What you are asked to do
Whenever a line in the entries below contains the string "impl", copy that line.

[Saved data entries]

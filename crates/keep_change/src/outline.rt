ghost use Rattle.std.specs.Prelude.{◌≡◌, IfOk};
ghost use Rattle.keep_change.specs.Lists as spec;
ghost use Rattle.keep_change.specs.Outline.{outline_of, empty_outline};

use crate::change::{Change, PackMark};
use crate::listed::Listed;
use crate::stored_file::StoredFile;
use keep_names::{FileName, Id};
use std::alloc::{AllocError, Global};

/// The kinds of events.
#[derive(Clone, Copy, PartialEq, Eq)]
pub enum What {
    Commit,
    Undo,
    Redo,
    Empty,
}

/// An event without bytes: its kind, the change's number, and what the change writes. The lists
/// are empty for an emptying of the trash.
pub struct Outline {
    pub what: What,
    pub number: u64,
    pub adds: Listed<FileName>,
    pub drops: Listed<FileName>,
    pub sets: Listed<Id>,
    pub clears: Listed<Id>,
}

// One call drops it, where each `?` would else drop each part of it, which is long to prove.
impl Drop for Outline {
    fn drop(self) {
        let Outline {
            what: _,
            number: _,
            adds: _,
            drops: _,
            sets: _,
            clears: _,
        } = self;
    }
}

impl Outline {
    /// The outline of a commit, an undo or a redo of the change.
    pub fn of(
        alloc: Global,
        what: What,
        number: u64,
        change: &Change,
    ) -> Result<Outline, AllocError>
        ensures { IfOk result (λ made. made ≡ outline_of what number change.now) }
    {
        let adds = file_names(alloc, change.adds.as_slice())?;
        let drops = file_names(alloc, change.drops.as_slice())?;
        let sets = marked_packs(alloc, change.sets.as_slice())?;
        let clears = marked_packs(alloc, change.clears.as_slice())?;
        Ok(Outline {
            what,
            number,
            adds: Listed::from_vec(adds),
            drops: Listed::from_vec(drops),
            sets: Listed::from_vec(sets),
            clears: Listed::from_vec(clears),
        })
    }

    /// The outline of an emptying up to the change of this number.
    pub fn of_empty(alloc: Global, number: u64) -> Outline
        ensures { result ≡ empty_outline number }
    {
        Outline {
            what: What::Empty,
            number,
            adds: Listed::new(alloc),
            drops: Listed::new(alloc),
            sets: Listed::new(alloc),
            clears: Listed::new(alloc),
        }
    }
}

fn file_names(alloc: Global, files: &[StoredFile]) -> Result<Vec<FileName>, AllocError>
    ensures { IfOk result (λ names. names.items ≡ spec.file_names files.now) }
{
    files.iter().map(|file| file.name()).collect(alloc)
}

fn marked_packs(alloc: Global, marks: &[PackMark]) -> Result<Vec<Id>, AllocError>
    ensures { IfOk result (λ packs. packs.items ≡ spec.marked_packs marks.now) }
{
    marks.iter().map(|set| set.pack).collect(alloc)
}
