ghost use Rattle.std.specs.Prelude.{◌≡◌, is_some};
ghost use Rattle.keep_repo.specs.Facet.{Stored, Marked};
ghost use Rattle.keep_change.specs.Change.{holds_same};

use keep_names::{FileName, Id};
use keep_repo::{Bytes, Facet, Mark, Repo};

/// What can be asked what each facet holds: a repository, or a place in a history.
pub trait Holder {
    ghost use Rattle.keep_change.specs.Change.{Holding};

    /// What each facet holds.
    ghost holding: { Self → Holding };

    fn is_filled(&self, facet: Facet) -> bool
        ensures { result ≡ is_some (holding self.now facet) };

    /// Whether the file is there, with just these bytes.
    fn has_file(&self, name: FileName, bytes: &Bytes) -> bool
        ensures { result ≡ holds_same (holding self.now (Facet.File name)) (Some (Stored bytes.now)) };

    /// Whether the pack is marked, with just this mark: at the same moment.
    fn has_mark(&self, pack: Id, mark: Mark) -> bool
        ensures { result ≡ holds_same (holding self.now (Facet.Mark pack)) (Some (Marked mark)) };
}

impl Holder for Repo {
    ghost use Rattle.keep_repo.specs.Repository.{held};

    ghost holding = { held };

    fn is_filled(&self, facet: Facet) -> bool {
        self.facet_filled(facet)
    }

    fn has_file(&self, name: FileName, bytes: &Bytes) -> bool {
        match self.get(name) {
            Some(held) => held.as_slice() == bytes.as_slice(),
            None => false,
        }
    }

    fn has_mark(&self, pack: Id, mark: Mark) -> bool {
        self.mark_of(pack) == Some(mark.moment)
    }
}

Exercise solution
impl Drop for Outline {
impl Outline {
impl Holder for Repo {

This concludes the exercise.